REPUBLIKA.CO.ID, JAKARTA -- Kebakaran hutan dan lahan seolah sudah menjadi bencana abadi di Provinsi Riau. Namun, meski sudah terjadi selama 17 tahun, belum ada solusi kongkret yang dapat menyelesaikan bencana tersebut.
Direktur Pusat Studi Bencana Universitas Riau Haris Gunawan mengatakan, tumpang tindih aturan penggunaan lahan menjadi salah satu pemicu terjadinya kebakaran hutan. Dia menjelaskan, tak ada aturan yang satu mengenai penggunaan lahan di Indonesia, mana yang harus diperuntukkan bagi hutan desa, hutan produksi, atau perkebunan.
Akibat hal itu, banyak pihak yang memanfaatkan lahan tak sesuai fungsi seharusnya. Hutan-hutan banyak ditebang dan bahkan dibakar dengan tujuan pembukaan kebun-kebun kelapa sawit.
Haris, yang pernah mengenyam studi di Universitas Gadjah Mada ini kemudian menunjukkan pada Republika bukti hutan yang telah dibakar di Desa Dayun, Kabupaten Siak, Riau. Di lokasi yang disebut Beruk, terdapat sebuah lahan bekas hutan dengan batang-batang pohon yang tak lagi utuh. Semuanya telah menghitam akibat dibakar.
"Beberapa pohon sudah ditebang dulu sebelum dibakar," ujar Haris sambil menunjukkan sebuah pohon yang tinggal bagian akarnya saja.
Di antara batang hitam sisa-sisa kebakaran, terdapat pohon-pohon kelapa sawit setinggi 70 centimeter. Menurut Haris, itulah bukti bahwa hutan telah dibakar, bukan terbakar. "Setelah dibakar langsung ditanami," ucap dia.

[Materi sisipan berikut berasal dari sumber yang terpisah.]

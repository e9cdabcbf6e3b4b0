//! Which variables of an entry have values, and of which it makes them.
ghost use Rattle.std.specs.Prelude.{◌≡◌, ◌<◌, ◌↔◌, ℕ, List, length, Some, IsSome, slice_get};
ghost use Rattle.mof_metamodel.specs.declared.desc.MetaDesc.{MetaDesc};
ghost use Rattle.object_tables.specs.Models.{ModelData};
ghost use Rattle.object_tables.specs.Validity.{Valid};
ghost use Rattle.qv_syntax.specs.declared.program.Program.{Program};
ghost use Rattle.qv_syntax.specs.declared.program.Rel.{Rel};
ghost use Rattle.repair_semantics.specs.declared.entry.Entry.{Entry};
ghost use Rattle.repair_semantics.specs.EntryValues.{value_of};
ghost use Rattle.repair_semantics.specs.Entries.{IsEntry};
ghost use Rattle.entry_finding.specs.Premises.{CanBeEnforced};
ghost use Rattle.demand_set.specs.DemandSets.{DemandData, IsDemandSet};
ghost use Rattle.demand_trace.specs.Givens.{IsGiven};

/// An entry has values of the variables that are given: the universal ones, and where it is called the root of its target domain. It makes values of
/// all others, where there is a set of demands and the target is valid. So a trace tells each variable once.
pub fn variables_are_told_once()
    ensures values { (metas : List MetaDesc) (program : Program) (models : List ModelData) → CanBeEnforced metas program models
        → (e : Entry) (rel : Rel) → IsEntry program models e → slice_get program.rels e.rel ≡ Some rel
        → (v : ℕ) → IsSome (value_of e.values v) ↔ IsGiven program rel e.called v }
    ensures made { (metas : List MetaDesc) (program : Program) (models : List ModelData) → CanBeEnforced metas program models
        → (m : ModelData) → slice_get models program.target ≡ Some m → Valid m → (d : DemandData) → IsDemandSet program models d
        → (e : Entry) (rel : Rel) → IsEntry program models e → slice_get program.rels e.rel ≡ Some rel
        → (v : ℕ) → v < length rel.vars → IsSome (value_of e.made v) ↔ (¬ IsGiven program rel e.called v) }
{}
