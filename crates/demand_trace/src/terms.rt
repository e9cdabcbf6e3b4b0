//! Values and objects of the target, by the names of their classes and of the properties of their keys. The recursion goes as deep as a term is high.
ghost use Rattle.std.specs.Prelude.{◌≡◌, All, IfOk, map, chars};
ghost use Rattle.mof_metamodel.specs.Tables.{IsPropOf};
ghost use Rattle.trace_log.specs.TraceValues.{pair, term};
ghost use Rattle.demand_trace.specs.Traces as spec;
ghost use Rattle.demand_trace.specs.Naming.{world, FindsNames};

use crate::names::Names;
use mof_metamodel::{NoMemory, PropId, Seq, Text, or_drop};
use repair_semantics::{Term, TermValue};
use std::alloc::Global;
use trace_log::{TracePair, TraceTerm, TraceValue};

/// A value with a name.
pub(crate) fn named(alloc: Global, name: &str, value: TraceValue) -> Result<TracePair, NoMemory>
    ensures { IfOk result (λ p. p ≡ pair (chars name.now) value) }
{
    let name = or_drop!(Text::new(alloc, name); value);
    Ok(TracePair { name, value })
}

/// An object of a class with this name.
fn keyed(alloc: Global, class: &str, keys: Seq<TracePair>) -> Result<TraceTerm, NoMemory>
    ensures { IfOk result (λ t. t ≡ term (chars class.now) keys) }
{
    let class = or_drop!(Text::new(alloc, class); keys);
    Ok(TraceTerm { class, keys })
}

impl Names<'_, '_> {
    /// The value of a variable or of a property.
    #[cycle(terms)]
    pub(crate) fn value(&self, alloc: Global, value: &TermValue) -> Result<TraceValue, NoMemory>
        requires { FindsNames self.now }
        ensures { IfOk result (λ v. v ≡ spec.value_trace (world self.now) value.now) }
    {
        match value {
            TermValue::Val(datum) => self.datum(alloc, datum),
            TermValue::Term(term) => Ok(TraceValue::Term(self.term(alloc, term)?)),
        }
    }

    /// An object of the target.
    #[cycle(terms)]
    pub(crate) fn term(&self, alloc: Global, term: &Term) -> Result<TraceTerm, NoMemory>
        requires { FindsNames self.now }
        ensures { IfOk result (λ t. t ≡ spec.term_trace (world self.now) term.now) }
    {
        let props = self.key_props(term.class);
        let keys = self.key_pairs(alloc, props, term.keys.as_slice())?;
        keyed(alloc, self.class_name(term.class), keys)
    }

    /// The properties of a key with their values.
    #[cycle(terms)]
    fn key_pairs(
        &self,
        alloc: Global,
        props: &[PropId],
        values: &[TermValue],
    ) -> Result<Seq<TracePair>, NoMemory>
        requires names { FindsNames self.now }
        requires props { All (IsPropOf self.now.target.now) props.now }
        ensures { IfOk result (λ ps. ps ≡ spec.key_pairs (world self.now) props.now (map (spec.value_trace (world self.now)) values.now)) }
    {
        let mut pairs = Seq::new(alloc);
        for (place, value) in values.iter().enumerate() {
            let Some(prop) = props.get(place) else {
                return Ok(pairs);
            };
            pairs.push(self.key_pair(alloc, *prop, value)?)?;
        }
        Ok(pairs)
    }

    /// A property of a key with its value.
    #[cycle(terms)]
    fn key_pair(
        &self,
        alloc: Global,
        prop: PropId,
        value: &TermValue,
    ) -> Result<TracePair, NoMemory>
        requires names { FindsNames self.now }
        requires prop { IsPropOf self.now.target.now prop }
        ensures { IfOk result (λ p. p ≡ pair (spec.prop_name (world self.now) prop) (spec.value_trace (world self.now) value.now)) }
    {
        let value = self.value(alloc, value)?;
        named(alloc, self.prop_name(prop), value)
    }
}
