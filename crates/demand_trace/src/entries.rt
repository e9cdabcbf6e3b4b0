//! Entries, with the values of their variables, what they make and what they demand.
ghost use Rattle.std.specs.Prelude.{◌≡◌, ◌++◌, All, IfOk, OnOk, map, option_to_list};
ghost use Rattle.repair_semantics.specs.declared.demand.Demand.{Demand};
ghost use Rattle.mof_metamodel.specs.Tables.{IsPropOf};
ghost use Rattle.demand_trace.specs.Traces as spec;
ghost use Rattle.demand_trace.specs.Naming.{world, FindsNames};
ghost use Rattle.demand_trace.specs.Cuts.{own_count, entries_cut};

use crate::names::Names;
use crate::terms::named;
use mof_metamodel::{NoMemory, Seq, Text, or_drop};
use qv_syntax::Var;
use repair_semantics::{Demand, Entry, TermValue};
use std::alloc::Global;
use trace_log::{TraceDemand, TraceEntry, TracePair};

/// How many demands, from the first on, are those of the entry of this number.
fn own_count(number: usize, demands: &[Demand]) -> usize
    ensures { result ≡ own_count number demands.now }
{
    for (place, demand) in demands.iter().enumerate() {
        if demand.entry != number {
            return place;
        }
    }
    demands.len()
}

impl Names<'_, '_> {
    /// Puts a variable with its value behind others, if it has one.
    fn add_binding(
        &self,
        alloc: Global,
        var: &Var,
        value: &Option<TermValue>,
        pairs: &mut Seq<TracePair>,
    ) -> Result<(), NoMemory>
        requires { FindsNames self.now }
        ensures { OnOk result (pairs.new ≡ pairs.old ++ option_to_list (spec.binding_trace (world self.now) (var.now, value.now))) }
    {
        match value {
            Some(value) => {
                let value = self.value(alloc, value)?;
                pairs.push(named(alloc, var.name.as_str(), value)?)
            }
            None => Ok(()),
        }
    }

    /// The variables that have a value, each with it, in the order of the variables.
    fn bindings(
        &self,
        alloc: Global,
        vars: &[Var],
        values: &[Option<TermValue>],
    ) -> Result<Seq<TracePair>, NoMemory>
        requires { FindsNames self.now }
        ensures { IfOk result (λ ps. ps ≡ spec.bindings_trace (world self.now) vars.now values.now) }
    {
        let mut pairs = Seq::new(alloc);
        for (place, value) in values.iter().enumerate() {
            let Some(var) = vars.get(place) else {
                return Ok(pairs);
            };
            self.add_binding(alloc, var, value, &mut pairs)?;
        }
        Ok(pairs)
    }

    /// What is demanded.
    fn demand(&self, alloc: Global, demand: &Demand) -> Result<TraceDemand, NoMemory>
        requires names { FindsNames self.now }
        requires prop { IsPropOf self.now.target.now demand.now.prop }
        ensures { IfOk result (λ d. d ≡ spec.demand_trace (world self.now) demand.now) }
    {
        let item = Text::new(alloc, self.prop_name(demand.prop))?;
        let place = or_drop!(self.term(alloc, &demand.owner); item);
        let value = or_drop!(self.value(alloc, &demand.value); item, place);
        Ok(TraceDemand { item, place, value })
    }

    /// All that is demanded, in this order.
    fn demands(&self, alloc: Global, demands: &[Demand]) -> Result<Seq<TraceDemand>, NoMemory>
        requires names { FindsNames self.now }
        requires props { All (λ (d : Demand). IsPropOf self.now.target.now d.prop) demands.now }
        ensures { IfOk result (λ ds. ds ≡ map (spec.demand_trace (world self.now)) demands.now) }
    {
        let mut traced = Seq::new(alloc);
        for demand in demands {
            traced.push(self.demand(alloc, demand)?)?;
        }
        Ok(traced)
    }

    /// An entry with what it demands.
    fn entry(
        &self,
        alloc: Global,
        entry: &Entry,
        demands: &[Demand],
    ) -> Result<TraceEntry, NoMemory>
        requires names { FindsNames self.now }
        requires props { All (λ (d : Demand). IsPropOf self.now.target.now d.prop) demands.now }
        ensures { IfOk result (λ e. e ≡ spec.entry_trace (world self.now) entry.now demands.now) }
    {
        let vars = self.variables(entry.rel);
        let relation = Text::new(alloc, self.relation_name(entry.rel))?;
        let values = or_drop!(self.bindings(alloc, vars, entry.values.as_slice()); relation);
        let made = or_drop!(self.bindings(alloc, vars, entry.made.as_slice()); relation, values);
        let demands = or_drop!(self.demands(alloc, demands); relation, values, made);
        Ok(TraceEntry {
            relation,
            called: entry.called,
            values,
            made,
            demands,
        })
    }

    /// Entries in their order, each with the demands that are its own. These stand in the order of the entries.
    pub(crate) fn entries(
        &self,
        alloc: Global,
        entries: &[Entry],
        demands: &[Demand],
    ) -> Result<Seq<TraceEntry>, NoMemory>
        requires names { FindsNames self.now }
        requires props { All (λ (d : Demand). IsPropOf self.now.target.now d.prop) demands.now }
        ensures { IfOk result (λ es. es ≡ entries_cut (world self.now) demands.now 0 entries.now) }
    {
        let mut traced = Seq::new(alloc);
        let mut left = demands;
        for (number, entry) in entries.iter().enumerate() {
            let (own, behind) = left.split_at(own_count(number, left));
            traced.push(self.entry(alloc, entry, own)?)?;
            left = behind;
        }
        Ok(traced)
    }
}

Persis di sebelah lahan tersebut, terdapat sebuah kanal air. Haris menjelaskan, kanal sengaja dibuat oleh pihak tertentu untuk mengurangi kadar air dalam tanah gambut. Sebab, kelapa sawit tidak bisa hidup di tanah yang mengandung banyak air. Selanjutnya, air rembesan tanah gambut dialirkan dari kanal menuju sungai.